[Records from a dataset]
________

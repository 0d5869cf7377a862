// Little-endian 32-bit numbers in bytes, and bytes written over a part of others.
#![tactic(auto, unfolding(crate::specs::Words::word_at, crate::specs::Words::word_of, crate::specs::Pieces::written))]

ghost use Rattle.std.specs.Prelude.{◌≡◌};
ghost use Rattle.bundle_bytes.specs.Words.{word_at, word_of};
ghost use Rattle.bundle_bytes.specs.Pieces.{written};

use json_bytes::byte_at;

// The number at a place; a byte past the end counts 0.
pub fn word_at(s: &[u8], i: usize) -> u32
    ensures { result ≡ word_at s.now i }
{
    if s.len() <= i {
        return 0;
    }
    u32::from_le_bytes([
        byte_at(s, i),
        byte_at(s, i + 1),
        byte_at(s, i + 2),
        byte_at(s, i + 3),
    ])
}

// Writes a number over four bytes, where there are four.
pub fn put_word(out: &mut [u8], at: usize, x: u32)
    ensures { out.new ≡ written out.old at (word_of x) }
{
    put_part(out, at, &x.to_le_bytes());
}

// Writes bytes over as many from a place on, where there are as many.
pub fn put_part(out: &mut [u8], at: usize, part: &[u8])
    ensures { out.new ≡ written out.old at part.now }
{
    if part.len() <= out.len() && at <= out.len() - part.len() {
        // The C interface: by `copy_from_slice` an archive would need `memmove` from outside.
        for i in 0..part.len() {
            out[at + i] = part[i];
        }
    }
}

________

§ **WORK INSTRUCTIONS**: In the records above, locate the line that contains "C interface: by". Repeat it and every line after it, exactly, and nothing else.

§ **THE COMPLETED TASK**:
        // The C interface: by `copy_from_slice` an archive would need `memmove` from outside.
        for i in 0..part.len() {
            out[at + i] = part[i];
        }
    }
}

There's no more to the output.